Issue
I already know you can pull specific keys from dictionary objects in pandas if you already know the exact value for the key, but what if you wanted to pull the median key's values of a dictionary without knowing the value (or in this case, author name)?
ex.
author name: books: year:
fred how to fish 2010
how to bike 2012
how to skate 2009
bob sam I am 1990
george white fang 1980
animals and I 2000
ted a guide to computer programming 1984
harry the future queen 1812
So I would want to get the median author name. There are five authors, so the 3rd author is the one I want (george), and just print all the data associated with him. Then eventually I'd also want to print the number of books he's published (which is two). Do I have to convert the dictionary object back to a csv file or something?

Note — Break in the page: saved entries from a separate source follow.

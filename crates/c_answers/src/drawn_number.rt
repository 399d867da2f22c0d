//! The unique number of a gate or a queue.

/// The address of the counter that drew the number, and the number drawn. No counter draws a number twice, and no two
/// counters have the same address. So two gates, or two queues, of one number are the same.
#[derive(Clone, Copy)]
#[repr(C)]
pub struct DrawnNumber {
    pub counter: u64,
    pub drawn: u64,
}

Tips or helpful tutorials anyone knows on pandas dictionary objects would be great, thanks!
Solution
If you were taking about an integer/float column then you can just use the median method:
In [11]: df['year:'].median()
Out[11]: 1995.0
However, this isn't well-defined for a column of strings, at least using the normal definition*.

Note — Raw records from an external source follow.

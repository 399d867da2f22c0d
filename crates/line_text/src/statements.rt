//! The statements of a text: its lines that aren't empty or comments.
ghost use Rattle.std.specs.Prelude.{◌≡◌, ◌<◌, ◌∷◌, length, ◌+◌, ◌^◌, [], IfNone, MatchOption, true};
ghost use Rattle.std.specs.Iterator.{YieldsFirstRef, item_count};
ghost use Rattle.std.specs.Str.Lines.{strip_carriage_return};
ghost use Rattle.line_text.specs.Text.{lines_of, words_of};
ghost use Rattle.std.specs.Str.{is_utf8, IsAscii};
ghost use Rattle.line_text.specs.Statements.{after_first, first_or, says_nothing, statements, unread};

use crate::fault::{ParseFault, Why, at_line};
use crate::word_list::{Words, without_blanks};
use memchr::memchr;
use std::marker::Model;

/// The lines of a text that are left. In contracts it is the list of them.
#[derive(Debug, Drop)]
struct Lines<'a> {
    rest: &'a [u8],
}

impl<'a> Model for Lines<'a> {
    ghost use Rattle.std.specs.Prelude.{List, ℕ};
    ghost use Rattle.line_text.specs.Text.{lines_of};

    ghost Value = { List (List ℕ) };

    ghost view = { λ l. lines_of l.rest.now };
}

impl<'a> Lines<'a> {
    fn new(text: &'a [u8]) -> Self
        ensures { result ≡ lines_of text.now }
    {
        Lines { rest: text }
    }
}

fn without_return(line: &[u8]) -> &[u8]
    ensures { result.now ≡ strip_carriage_return line.now }
{
    if !line.is_empty() && line[line.len() - 1] == b'\r' {
        &line[..line.len() - 1]
    } else {
        line
    }
}

// Returns the first line of a text that has one, and what follows its line feed.
fn first_line(text: &[u8]) -> (&[u8], &[u8])
    requires { 0 < length text.now }
    ensures { lines_of text.now ≡ strip_carriage_return result.0.now ∷ lines_of result.1.now }
{
    match memchr(b'\n', text) {
        Some(end) => (&text[..end], &text[end + 1..]),
        None => (text, &[]),
    }
}

impl<'a> Iterator for Lines<'a> {
    type Item = &'a [u8];

    ghost next_gives = { YieldsFirstRef (λ s. s) };

    ghost remaining = { item_count (λ s. s) };

    fn next(&mut self) -> Option<&'a [u8]> {
        if self.rest.is_empty() {
            return None;
        }
        let (line, rest) = first_line(self.rest);
        self.rest = rest;
        Some(without_return(line))
    }
}

/// Maximum number of bytes of a text: 1,048,576.
pub const LONGEST_TEXT: usize = 1_048_576;

/// The statements of a text that are left. A line without words, and a line whose first word begins with `#`, are
/// skipped. In contracts it is the list of the statements, each with its line number and its words, and the number of
/// the line after the last.
#[derive(Drop)]
pub struct Statements<'a> {
    lines: Lines<'a>,
    before: u32,
}

impl<'a> Model for Statements<'a> {
    ghost use Rattle.std.specs.Prelude.{◌+◌, ◌<◌, ◌^◌, length};
    ghost use Rattle.line_text.specs.Statements.{Unread, statements};

    ghost Value = { Unread };

    ghost view = { λ s. record { said = statements (s.before + 1) s.lines; end = s.before + length s.lines + 1 } };

    ghost invariant = { λ s. s.before + length s.lines + 1 < 2 ^ 32 };
}

fn is_ascii(line: &[u8]) -> bool
    ensures { result ≡ true → IsAscii line.now }
{
    for byte in line {
        if *byte >= 128 {
            return false;
        }
    }
    true
}

// Returns whether a line is UTF-8. Most are ASCII, for which a look at each byte takes less time.
fn is_text(line: &[u8]) -> bool
    ensures { result ≡ is_utf8 line.now }
{
    is_ascii(line) || std::str::from_utf8(line).is_ok()
}

// Returns whether the line has no words or is a comment.
fn says_nothing(line: &[u8]) -> bool
    ensures { result ≡ says_nothing (words_of line.now) }
{
    match without_blanks(line) {
        [first, ..] => *first == b'#',
        [] => true,
    }
}

// Takes lines up to the first statement.
fn next_said<'a>(lines: &mut Lines<'a>, before: &mut u32) -> Option<(u32, Result<Words<'a>, Why>)>
    requires { before.old + length lines.old + 1 < 2 ^ 32 }
    ensures all { before.new + length lines.new ≡ before.old + length lines.old }
    ensures said { MatchOption result
        (statements (before.old + 1) lines.old ≡ [])
        (λ said. statements (before.old + 1) lines.old ≡ said ∷ statements (before.new + 1) lines.new) }
    ensures end { IfNone result (lines.new ≡ []) }
{
    while let Some(line) = lines.next() {
        *before += 1;
        if !is_text(line) {
            return Some((*before, Err(Why::NotUtf8)));
        }
        if !says_nothing(line) {
            return Some((*before, Ok(Words::new(line))));
        }
    }
    None
}

impl<'a> Statements<'a> {
    /// Returns the statements of `text`, or `TooLong` at line 1 if the text has more than [`LONGEST_TEXT`] bytes.
    pub fn new(text: &'a [u8]) -> Result<Self, ParseFault>
        ensures { result ≡ unread text.now }
    {
        if text.len() > LONGEST_TEXT {
            return Err(ParseFault {
                line: 1,
                why: Why::TooLong,
            });
        }
        Ok(Statements {
            lines: Lines::new(text),
            before: 0,
        })
    }

    /// Returns the next statement: its line number, counted from 1, and its words, or `NotUtf8` instead of the words if the line
    /// isn't UTF-8. Such a line isn't skipped, whatever is on it. Returns `None` at the end.
    pub fn next(&mut self) -> Option<(u32, Result<Words<'a>, Why>)>
        ensures said { MatchOption result (self.old.said ≡ []) (λ said. self.old.said ≡ said ∷ self.new.said) }
        ensures rest { self.new ≡ after_first self.old }
    {
        next_said(&mut self.lines, &mut self.before)
    }

    /// Returns the line number and the words of the next statement. If there is none, `missing` is the fault, at the line after the
    /// last. Returns `NotUtf8` if the line isn't UTF-8; that line is taken too.
    pub fn next_or(&mut self, missing: Why) -> Result<(u32, Words<'a>), ParseFault>
        ensures first { result ≡ first_or missing self.old }
        ensures rest { self.new ≡ after_first self.old }
    {
        match next_said(&mut self.lines, &mut self.before) {
            Some((line, said)) => Ok((line, at_line(line, said)?)),
            None => Err(ParseFault {
                line: self.before + 1,
                why: missing,
            }),
        }
    }
}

If you just want the "middle" item then just take that (I'm not sure what you want to do with a draw...):
In [12]: df['author name:'].iloc[int(len(df) / 2.)]
Out[12]: 'george'
Note: it actually is a draw in this case...
Or you can get the unique names (in the order they were given, ignoring repeats out of order), again you have to worry about draws:
In [13]: names = df['author name:'].unique()
In [14]: names
Out[14]: array(['fred', 'bob', 'george', 'ted', 'harry'], dtype=object)
In [15]: names[int(len(names) / 2.)]
Out[15]: 'george'
* What's half way between 'bob' and 'george'?